LOTRO does allow you to pay real cash to buy points to get advantages in game, BUT you can also earn those same exact points in-game by doing normal activities like questing and killing things.
Diablo III allows you to buy items on the Auction house for real cash, that is, Real Cash Credit. Huh, What’s the dif? You start with 5 free listings. If you sell an item using a free listing then you’ll get credits without having spent any money. If you do this wisely and often then you will have earned all the credits you need to buy what you want.
Now, I know you can get spin tickets in-game from monster drops or certain skills, which is good. But that does not stop anything, it only makes it a little more fair for those who don’t have extra money to spend on Runescape.
Of course you can also argue that the Squeal of Fail spins are hardly game changing, and that’s true since it’s not possible to get good loot. Oh sure, it’s on there. But can anyone give me a not photo shopped screenshot of them getting a godsword or third age?
So, if the Squeal of Fail never gives anything good, why buy more worthless spins? The thrill of the chance! That is to say, to gamble!

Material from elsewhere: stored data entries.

//! Reading the rows of a prepared submission.

ghost use Rattle.std.specs.Prelude.{◌≡◌, ℕ, ◌+◌, ◌^◌, ◌<◌, ◌≤◌, ◌↔◌, All, IsTrue, MatchOption, length, map};
ghost use Rattle.dsa_descriptor.specs.Pieces.{most_pieces};
ghost use Rattle.dsa_prepared.specs.Rows.{AreBounds, ArePrepared, HaveHeader, IsBound, entry_in, header_word, portal_rows, region_in, region_rows, row_at, staging_at, staging_rows, tie_in, tie_rows, unit_in, word_in};
ghost use Rattle.dsa_prepared.specs.Preparing.{region_at};
ghost use Rattle.dsa_prepared.specs.Sound.{AreUnits, AreWithin, IsTieWithin, IsUnit, IsWithin};

use crate::row::Row;
use crate::writing::MAGIC;

/// The most pieces that a planned list has.
const MOST_PIECES: usize = 65_536;

/// Offsets in the staging area of the most pieces are below this.
const STAGING_END: u64 = 1 << 23;

/// The header's word of that number.
#[inline(always)]
pub(crate) fn header_word(rows: &[Row], k: usize) -> usize
    requires some { 0 < length rows.now }
    requires known { k < 10 }
    ensures { result ≡ header_word rows.now k }
{
    rows[0].words[k] as usize
}

/// The rows of the regions.
#[inline(always)]
pub(crate) fn region_rows(rows: &[Row]) -> &[Row]
    requires { HaveHeader rows.now }
    ensures value { result.now ≡ region_rows rows.now }
    ensures len { length result.now ≡ header_word rows.now 1 }
{
    &rows[1..1 + header_word(rows, 1)]
}

/// The rows of the ties.
#[inline(always)]
pub(crate) fn tie_rows(rows: &[Row]) -> &[Row]
    requires { HaveHeader rows.now }
    ensures value { result.now ≡ tie_rows rows.now }
    ensures len { length result.now ≡ header_word rows.now 2 }
{
    let start = 1 + header_word(rows, 1);
    &rows[start..start + header_word(rows, 2)]
}

/// The rows of the entries of the portal.
#[inline(always)]
pub(crate) fn portal_rows(rows: &[Row]) -> &[Row]
    requires { HaveHeader rows.now }
    ensures value { result.now ≡ portal_rows rows.now }
    ensures len { length result.now ≡ header_word rows.now 3 }
{
    let start = 1 + header_word(rows, 1) + header_word(rows, 2);
    &rows[start..start + header_word(rows, 3)]
}

/// The rows of the entries of the staging area.
#[inline(always)]
pub(crate) fn staging_rows(rows: &[Row]) -> &[Row]
    requires { HaveHeader rows.now }
    ensures value { result.now ≡ staging_rows rows.now }
    ensures len { length result.now ≡ header_word rows.now 4 }
{
    let start = 1 + header_word(rows, 1) + header_word(rows, 2) + header_word(rows, 3);
    &rows[start..start + header_word(rows, 4)]
}

/// Whether the header fits the number of rows.
fn has_count(rows: &[Row]) -> bool
    requires { 0 < length rows.now }
    ensures { IsTrue result ↔ ((staging_at rows.now + header_word rows.now 4) ≡ length rows.now) }
{
    let rest = rows.len() - 1;
    let regions = header_word(rows, 1);
    if regions > rest {
        return false;
    }
    let ties = header_word(rows, 2);
    if ties > rest - regions {
        return false;
    }
    let portal = header_word(rows, 3);
    if portal > rest - regions - ties {
        return false;
    }
    header_word(rows, 4) == rest - regions - ties - portal
}

/// Whether the first row is a header.
fn have_header(rows: &[Row]) -> bool
    ensures { IsTrue result ↔ HaveHeader rows.now }
{
    if rows.is_empty() {
        return false;
    }
    if rows[0].words[0] != MAGIC {
        return false;
    }
    if !has_count(rows) {
        return false;
    }
    header_word(rows, 3) <= MOST_PIECES
        && header_word(rows, 4) <= MOST_PIECES
        && header_word(rows, 5) <= MOST_PIECES
        && header_word(rows, 6) <= MOST_PIECES
}

/// Whether regions may have to be aligned to it.
fn is_unit(unit: u64) -> bool
    ensures { IsTrue result ↔ IsUnit unit }
{
    unit == 1 || unit == 8 || unit == 32
}

/// Whether each region's unit is one.
fn are_units(regions: &[Row]) -> bool
    ensures { IsTrue result ↔ AreUnits (map unit_in regions.now) }
{
    for i in 0..regions.len() {
        if !is_unit(regions[i].unit()) {
            return false;
        }
    }
    true
}

/// Whether the offset lies in the region of that number.
#[inline(always)]
fn is_within(regions: &[Row], region: u64, offset: u64) -> bool
    ensures yes { IsTrue result →
        (region < length regions.now)
        × (offset < (region_at (map region_in regions.now) region).len) }
    ensures no { (region < length regions.now) →
        (offset < (region_at (map region_in regions.now) region).len) → IsTrue result }
{
    if region >= regions.len() as u64 {
        return false;
    }
    offset < regions[region as usize].words[1]
}

/// The greatest value that words of one kind may have.
#[derive(Clone, Copy)]
struct Bound {
    kind: u64,
    last: u64,
}

/// The bound of words of this kind; none if they may have no value. One comparison separates the kinds of regions from
/// the others, since 0 and 1 less 2 wrap to numbers that no region has.
#[inline(always)]
fn bound_of(regions: &[Row], kind: u64) -> Option<Bound>
    requires { length regions.now + 1 < 2 ^ 64 }
    ensures { MatchOption result
        ((value : ℕ) → ¬ IsWithin (map region_in regions.now) (word_in kind value))
        (λ b. IsBound (map region_in regions.now) kind b.last × (b.kind ≡ kind)) }
{
    if kind.wrapping_sub(2) < regions.len() as u64 {
        let len = regions[(kind - 2) as usize].words[1];
        if len == 0 {
            return None;
        }
        return Some(Bound {
            kind,
            last: len - 1,
        });
    }
    match kind {
        0 => Some(Bound {
            kind,
            last: u64::MAX,
        }),
        1 => Some(Bound {
            kind,
            last: STAGING_END - 1,
        }),
        _ => None,
    }
}

/// The bound of a word of this kind and value, if its offset lies in its region or in the staging area.
#[inline(always)]
fn bound_of_word(regions: &[Row], kind: u64, value: u64) -> Option<Bound>
    requires { length regions.now + 1 < 2 ^ 64 }
    ensures { MatchOption result (¬ IsWithin (map region_in regions.now) (word_in kind value))
        (λ b. IsBound (map region_in regions.now) b.kind b.last
        × IsWithin (map region_in regions.now) (word_in kind value)) }
{
    let bound = bound_of(regions, kind)?;
    if value > bound.last {
        return None;
    }
    Some(bound)
}

/// The bounds of an entry's words.
#[derive(Clone, Copy)]
struct Bounds {
    completion: Bound,
    first: Bound,
    second: Bound,
    own: Bound,
}

/// The bounds of the entry's words, if each word's offset lies in its region or in the staging area.
#[inline(always)]
fn bounds_of(regions: &[Row], entry: &Row) -> Option<Bounds>
    requires { length regions.now + 1 < 2 ^ 64 }
    ensures { MatchOption result (¬ AreWithin (map region_in regions.now) (entry_in entry.now))
        (λ b. AreBounds (map region_in regions.now) b
        × AreWithin (map region_in regions.now) (entry_in entry.now)) }
{
    let words = &entry.words;
    let completion = bound_of_word(regions, words[2], words[3])?;
    let first = bound_of_word(regions, words[4], words[5])?;
    let second = bound_of_word(regions, words[6], words[7])?;
    let own = bound_of_word(regions, words[8], words[9])?;
    Some(Bounds {
        completion,
        first,
        second,
        own,
    })
}

/// Whether the word is of the kind of the bound, and within it.
#[inline(always)]
fn is_bounded(bound: Bound, kind: u64, value: u64) -> bool
    ensures kind { IsTrue result → kind ≡ bound.kind }
    ensures value { IsTrue result → value ≤ bound.last }
{
    kind == bound.kind && value <= bound.last
}

/// Whether the entry's words are of the kinds of the bounds, and within them.
#[inline(always)]
fn are_bounded(regions: &[Row], bounds: Bounds, entry: &Row) -> bool
    requires { AreBounds (map region_in regions.now) bounds }
    ensures { IsTrue result → AreWithin (map region_in regions.now) (entry_in entry.now) }
{
    let words = &entry.words;
    if !is_bounded(bounds.completion, words[2], words[3]) {
        return false;
    }
    if !is_bounded(bounds.first, words[4], words[5]) {
        return false;
    }
    if !is_bounded(bounds.second, words[6], words[7]) {
        return false;
    }
    is_bounded(bounds.own, words[8], words[9])
}

/// The first entry from `start` on whose words are not of the kinds of the bounds, or not within them. Most lists have
/// the same regions in entry after entry.
#[inline(always)]
fn first_unbounded(regions: &[Row], bounds: Bounds, entries: &[Row], start: usize) -> usize
    requires bounds { AreBounds (map region_in regions.now) bounds }
    requires inside { start ≤ length entries.now }
    ensures further { start ≤ result }
    ensures inside { result ≤ length entries.now }
    ensures lie { (k : ℕ) → start ≤ k → k < result → AreWithin (map region_in regions.now)
        (entry_in (row_at entries.now k)) }
{
    for k in start..entries.len() {
        if !are_bounded(regions, bounds, &entries[k]) {
            return k;
        }
    }
    entries.len()
}

/// Whether the offsets of the words of each entry lie in their regions or in the staging area.
fn entries_lie(regions: &[Row], entries: &[Row]) -> bool
    requires { length regions.now + 1 < 2 ^ 64 }
    ensures { IsTrue result ↔
        All (AreWithin (map region_in regions.now)) (map entry_in entries.now) }
{
    let mut k = 0;
    while k < entries.len() {
        match bounds_of(regions, &entries[k]) {
            Some(bounds) => k = first_unbounded(regions, bounds, entries, k + 1),
            None => return false,
        }
    }
    true
}

/// Whether both offsets of the tie lie in their regions.
fn tie_lies(regions: &[Row], tie: &Row) -> bool
    ensures { IsTrue result ↔ IsTieWithin (map region_in regions.now) (tie_in tie.now) }
{
    if !is_within(regions, tie.words[0], tie.words[1]) {
        return false;
    }
    is_within(regions, tie.words[2], tie.words[3])
}

/// Whether the offsets of each tie do.
fn ties_lie(regions: &[Row], ties: &[Row]) -> bool
    ensures { IsTrue result ↔ All (IsTieWithin (map region_in regions.now)) (map tie_in ties.now) }
{
    for k in 0..ties.len() {
        if !tie_lies(regions, &ties[k]) {
            return false;
        }
    }
    true
}

/// Whether the rows are a prepared submission that can be filled. This tests the form, which filling relies on: no
/// damage makes it read or write outside its arrays. It does not test that the entries are those of one list.
pub fn are_prepared(rows: &[Row]) -> bool
    ensures { IsTrue result ↔ ArePrepared rows.now }
{
    if !have_header(rows) {
        return false;
    }
    let regions = region_rows(rows);
    if !are_units(regions) {
        return false;
    }
    if !ties_lie(regions, tie_rows(rows)) {
        return false;
    }
    if !entries_lie(regions, portal_rows(rows)) {
        return false;
    }
    entries_lie(regions, staging_rows(rows))
}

Yea, well, anytime you do something with a random outcome you are gambling. Even soloing K’ril Tsutsarot is a gamble, albeit less than some others.
Anyone remember the dice game, the flower game, the toy horseys? They were all added for fun, but were turned into gambling utensils because they had random outcomes. Because of this Jagex removed the dice, changed what the toy horseys said, though so far have not changed the flowers.
So, why is Jagex allowing and encouraging people to spend real money on an in-game gamble? I honestly do not know. Jagex isn’t the only game to do that. I’ve played another game that did that. That game wasn’t very good and a random Wheel of Fail thing wasn’t so out of place. But in Runescape? Legalized gambling in Runescape? Dude, this game is played by 10 year olds – regardless of age restrictions! You really want a gambling addict that young?
Now granted, it’s not likely those kids will turn into gambling addicts, but that’s due to the fact that they probably can’t afford their membership and extra spins.
Which brings up another topic I wanted to talk about, Membership Price.
From launch until August 18th 2008(7 years), the price of one month of Runescape was $5. After August 18th it changed to $5.95. Not too big of a jump, though still annoying. In February 2012 the price jumped up $2 to $7.95. Now that is a 26% increase. Not exactly peanuts.
So why the 38% increase in price since start? Well admittedly some costs have gone up. But then, so has Jagex’s membership base. As I write this there are 120,000 people on Runescape. Assuming a conservative ~40% are members, that’s around 50 thousand members. Of course lots of their members work 9-5 5 days a week so of course they aren’t on right now. If we assume another 50% to the number gives us roughly 75,000 member subcribers.
But then we also have to consider the fact that the Runescape High scores are now members only and that there are 1,094,229 people on that list. So if we go by that list, at the $5.95 price, that gives us a monthly revenue of $6,510,662.55. With the yearly being $78,127,950.60.
That’s a lot of dough. The $2 increase will add another $2,188,458 monthly and $26,261,496 yearly. Making the total monthly $8,699,120.55 and the yearly $104,389,446.60. Time for some expansion! Right?
It seems strange to me that when Jagex was already making $78 million a year why they would need to add another $26 million plus the revenue from their new gambling system, Squeal of Fortune. Why do they need so much money when they ran fine on $5 a month for 7 years?
Oh, and let’s not forget that a $6 billion company owns 55% of Jagex.